The Enigmatist premiered at the High Line Hotel in New York in 2019 before a full staging at the Geffen Playhouse in Los Angeles in 2021. And this is its seventh stop on a tour that will shake your mental Etch-A-Sketch back to blankness, no matter how full of worried little doodles it might have been. Mr. Kwong, a New York Times crossword puzzle designer, races through a long list of lovely little posers–and more spectacularly, races through a swirl of big, seemingly impossible tricks that blow faster and faster through our minds, till they reach an F-5 level of intensity near the end. I can only hope we have people in government as smart as he is. In spite of all the evidence to the contrary.

The background story borrows details from the life of George Fabyan (1867-1936), a wealthy eccentric with an estate in Geneva, Illinois. He loved cyphers and codes, and that same passion worked its way into the aid of his country during the Great War. There's also a charming love story woven through it all, even as Mr. Kwong's magic and sleight of hand builds to a frenzied pace in act two.

Things seem perfectly normal at first. There's a card trick, a secret word, and a magic dollar bill. But then we get to the Periodic Table of Elements, where the enigmatist's mental agility really takes flight, like acrobatic teenagers dodging from ledge to ledge, though in this case it's purely a mental kind of parkour in all its glory. On some delirious level, it's pleasantly exhausting for the audience, though the conjurer shows no particular signs of strain.

Finally, after a beat-the-clock game of Scrabble, there's an even greater matrix of the possible and impossible to reconcile, and to delight us. The audience helps out a bit, teaching Mr. Kwong about St. Louis-style pizza on opening night. But mostly we follow along in the breathless pursuit of a mathematically perfect wild goose.

The second law of thermodynamics is regularly put to the test, as chaos flips back into order again and again before our very eyes. "There's no such thing as magic," he insists in the first ten minutes. Then again, the thunderous crack of reality fracturing inside your own head, over and over, will tell you otherwise. One of the evening's many volunteers from the audience surrenders a cell phone to the boyish wizard with jaw-dropping results.

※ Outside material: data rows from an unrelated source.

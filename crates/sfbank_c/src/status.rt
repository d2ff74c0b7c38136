//! The numbers that calls return. Other numbers are those of `docs/FAULTS.md`.

/// The call is done.
pub const OK: i32 = 0;

/// An allocation failed.
pub const OUT_OF_MEMORY: i32 = 38;

/// The handle is null.
pub const NULL: i32 = 90;

/// The handle is closed.
pub const NOT_OPEN: i32 = 91;

/// The handle is open already.
pub const IN_USE: i32 = 92;

/// The length of a buffer doesn't fit.
pub const BAD_LENGTH: i32 = 93;

/// The note ends after frame 100,000,000, or its key or velocity is above 127.
pub const BAD_NOTE: i32 = 94;

/// No list of a bank has this number.
pub const BAD_LIST: i32 = 95;

/// The list has no member with this number.
pub const NO_MEMBER: i32 = 96;

/// The bytes are not the pool of the script.
pub const BAD_POOL: i32 = 97;
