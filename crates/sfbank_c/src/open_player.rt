//! What a player's handle owns.

use mixer::Player;

/// A player whose voices borrow from files and pools.
#[derive(Drop)]
pub struct OpenPlayer {
    pub player: Player<'static>,
}
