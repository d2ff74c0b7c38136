//! What the table has of a generator.
ghost use Rattle.std.specs.Prelude.{◌≡◌};
ghost use Rattle.generator_rows.specs.Rows.{unit_name, without_blanks};

/// The unit of a generator's amount.
#[derive(Clone, Copy)]
pub enum Unit {
    /// Points of the sample data.
    Points,
    /// Multiples of 32,768 points.
    PointBlocks,
    /// Hundredths of a semitone.
    Cents,
    /// Cents above 8.176 Hz.
    AbsoluteCents,
    /// Cents between adjacent keys.
    CentsPerKey,
    /// Semitones.
    Semitones,
    /// Tenths of a decibel.
    Centibels,
    /// Times: 0 is a second, and 1200 more double it.
    Timecents,
    /// Timecents for each key below 60.
    TimecentsPerKey,
    /// Tenths of a percent.
    TenthsOfPercent,
    /// Key numbers.
    Keys,
    /// Velocities.
    Velocities,
    /// The number of an instrument.
    Instrument,
    /// The number of a sample.
    Sample,
    /// How a loop is played: 0 never, 1 without end, 3 until the key is released.
    Mode,
    /// The number of a class in which a new note ends the others.
    Class,
}

/// The amount that counts where no zone sets a generator.
#[derive(Clone, Copy)]
pub enum DefaultAmount {
    /// This number.
    Number(i16),
    /// All keys, or all velocities.
    WholeRange,
    /// None: each zone but a global one has the generator.
    Nothing,
}

/// The length of the longest name.
pub const NAME_LENGTH: usize = 26;

/// The length of the longest range.
pub const RANGE_LENGTH: usize = 13;

/// A generator, and its amounts (SoundFont 2.04, sections 8.1.2 and 8.1.3).
#[derive(Clone, Copy)]
pub struct GeneratorRow {
    /// The number of its operator.
    pub number: u16,
    /// Its name in the standard, and blanks: see `full_name`.
    pub name: [u8; NAME_LENGTH],
    /// The unit of its amount.
    pub unit: Unit,
    /// The lowest amount that the standard allows; of a range of keys or velocities, the lowest end. The lowest `i16` if
    /// only the sample limits it.
    pub low: i16,
    /// The highest amount, or the highest end. The highest `i16` if only the sample or the number of members limits it.
    pub high: i16,
    /// The two in a text, without an end that only the bank limits, or `any`, and blanks.
    pub range: [u8; RANGE_LENGTH],
    /// The amount that counts where no zone sets it.
    pub default: DefaultAmount,
    /// Whether the frames of a note depend on it.
    pub is_played: bool,
}

impl GeneratorRow {
    /// Returns its name in the standard, without blanks.
    pub fn full_name(&self) -> &[u8]
        ensures { result.now ≡ without_blanks self.now.name }
    {
        self.name.trim_ascii_end()
    }
}

impl Unit {
    /// Returns its name, as the table has it.
    pub fn name(self) -> &'static str
        ensures { result.now ≡ unit_name self }
    {
        match self {
            Unit::Points => "points",
            Unit::PointBlocks => "32,768 points",
            Unit::Cents => "cents",
            Unit::AbsoluteCents => "absolute cents",
            Unit::CentsPerKey => "cents a key",
            Unit::Semitones => "semitones",
            Unit::Centibels => "centibels",
            Unit::Timecents => "timecents",
            Unit::TimecentsPerKey => "timecents a key",
            Unit::TenthsOfPercent => "0.1 %",
            Unit::Keys => "key",
            Unit::Velocities => "velocity",
            Unit::Instrument => "instrument",
            Unit::Sample => "sample",
            Unit::Mode => "loop mode",
            Unit::Class => "class",
        }
    }
}
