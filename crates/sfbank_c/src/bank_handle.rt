//! The handle of a bank, which C stores.
ghost use Rattle.std.specs.Prelude.{◌≡◌, ◌∷◌, [], cond, length, MatchOption};

use crate::open_bank::OpenBank;
use crate::sealed_bank::SealedBank;
use c_loans::Parts;
use std::alloc::Global;
use std::mem;

/// A handle: closed, as C makes it of zeros, or open, when it owns a bank.
#[repr(C)]
pub struct BankHandle {
    pub is_open: bool,
    pub sealed: SealedBank,
    pub ghost agrees: { length sealed.held ≡ cond is_open 1 0 },
}

impl Drop for BankHandle {
    fn drop(self) {
        drop(self.into_box());
    }
}

impl BankHandle {
    /// A closed handle.
    pub fn closed(alloc: Global) -> BankHandle
        ensures { result.sealed.held ≡ [] }
    {
        BankHandle {
            is_open: false,
            sealed: SealedBank::empty(alloc),
        }
    }

    /// An open handle.
    pub fn of_box(bank: Box<OpenBank>) -> BankHandle
        ensures { result.sealed.held ≡ bank.value ∷ [] }
    {
        BankHandle {
            is_open: true,
            sealed: SealedBank::of_parts(Parts::of(bank)),
        }
    }

    /// Takes the bank out, if the handle is open, and leaves it closed.
    pub fn take(&mut self, alloc: Global) -> Option<Box<OpenBank>>
        ensures taken { MatchOption result (self.old.sealed.held ≡ []) (λ bank. self.old.sealed.held ≡ bank.value ∷ []) }
        ensures closed { self.new.sealed.held ≡ [] }
    {
        mem::replace(self, BankHandle::closed(alloc)).into_box()
    }

    /// Puts a bank into a closed handle. Nothing is freed.
    pub fn put(&mut self, bank: Box<OpenBank>)
        requires { self.old.sealed.held ≡ [] }
        ensures { self.new.sealed.held ≡ bank.value ∷ [] }
    {
        mem::forget(mem::replace(self, BankHandle::of_box(bank)));
    }

    /// The bank, if the handle is open.
    pub fn into_box(self) -> Option<Box<OpenBank>>
        ensures { MatchOption result (self.sealed.held ≡ []) (λ bank. self.sealed.held ≡ bank.value ∷ []) }
    {
        let BankHandle { is_open, sealed } = self;
        if is_open {
            Some(sealed.into_parts().into_box())
        } else {
            None
        }
    }
}

fn crosses<T: Send>(_value: &T) {}

/// Compiles where C may pass a handle to another thread.
pub fn bank_handle_crosses(handle: &BankHandle) {
    crosses(handle);
}
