//! What C passes as the handle of a bank: null, closed or open.
ghost use Rattle.std.specs.Prelude.{◌≡◌, ◌<◌, ◌∷◌, ℤ, [], pos, length, IfOk, IfErr, OnOk, OnErr};
ghost use Rattle.sfbank_c.specs.BankSlots.{bank_in, open_status, closed_status};

use crate::bank_handle::BankHandle;
use crate::open_bank::OpenBank;
use crate::status::{IN_USE, NOT_OPEN, NULL};
use std::alloc::Global;

/// Takes the bank out of an open handle, and leaves it closed. The error is the number for C.
pub(crate) fn take_bank(alloc: Global, handles: &mut [BankHandle]) -> Result<Box<OpenBank>, i32>
    ensures taken { IfOk result (λ bank. bank_in handles.old ≡ bank.value ∷ []) }
    ensures closed { bank_in handles.new ≡ [] }
    ensures there { OnOk result (0 < length handles.old) }
    ensures absent { OnErr result (bank_in handles.old ≡ []) }
    ensures open { OnOk result ((status : ℤ) → open_status handles.old status ≡ status) }
    ensures number { IfErr result (λ why. (status : ℤ) → open_status handles.old status ≡ why) }
    ensures error { IfErr result (λ why. why ≡ pos 0 → ⊥) }
{
    if handles.is_empty() {
        return Err(NULL);
    }
    match handles[0].take(alloc) {
        Some(bank) => Ok(bank),
        None => Err(NOT_OPEN),
    }
}

/// Puts a bank into a closed handle.
pub(crate) fn put_bank(handles: &mut [BankHandle], bank: Box<OpenBank>)
    requires there { 0 < length handles.old }
    requires closed { bank_in handles.old ≡ [] }
    ensures { bank_in handles.new ≡ bank.value ∷ [] }
{
    handles[0].put(bank);
}

/// Whether the handle is closed. The error is the number for C.
pub(crate) fn check_no_bank(handles: &mut [BankHandle]) -> Result<(), i32>
    ensures same { bank_in handles.new ≡ bank_in handles.old }
    ensures there { OnOk result (0 < length handles.old) }
    ensures closed { OnOk result (bank_in handles.old ≡ []) }
    ensures free { OnOk result ((status : ℤ) → closed_status handles.old status ≡ status) }
    ensures number { IfErr result (λ why. (status : ℤ) → closed_status handles.old status ≡ why) }
    ensures error { IfErr result (λ why. why ≡ pos 0 → ⊥) }
{
    if handles.is_empty() {
        return Err(NULL);
    }
    if handles[0].is_open {
        return Err(IN_USE);
    }
    Ok(())
}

The pace becomes so brisk that there's not much time to question any of the illusions in act two. And the world around us, and our own thought formation, and "amodal completion" are all tested again and again, freeing us from the gloomy bonds of our own closely held assumptions. The evidence before us stacks up like a deck of cards, only to be riffled expertly into something completely unexpected, seconds or minutes or hours later–but just as true as anything that came before.

And if that's not magic, I don't know what is.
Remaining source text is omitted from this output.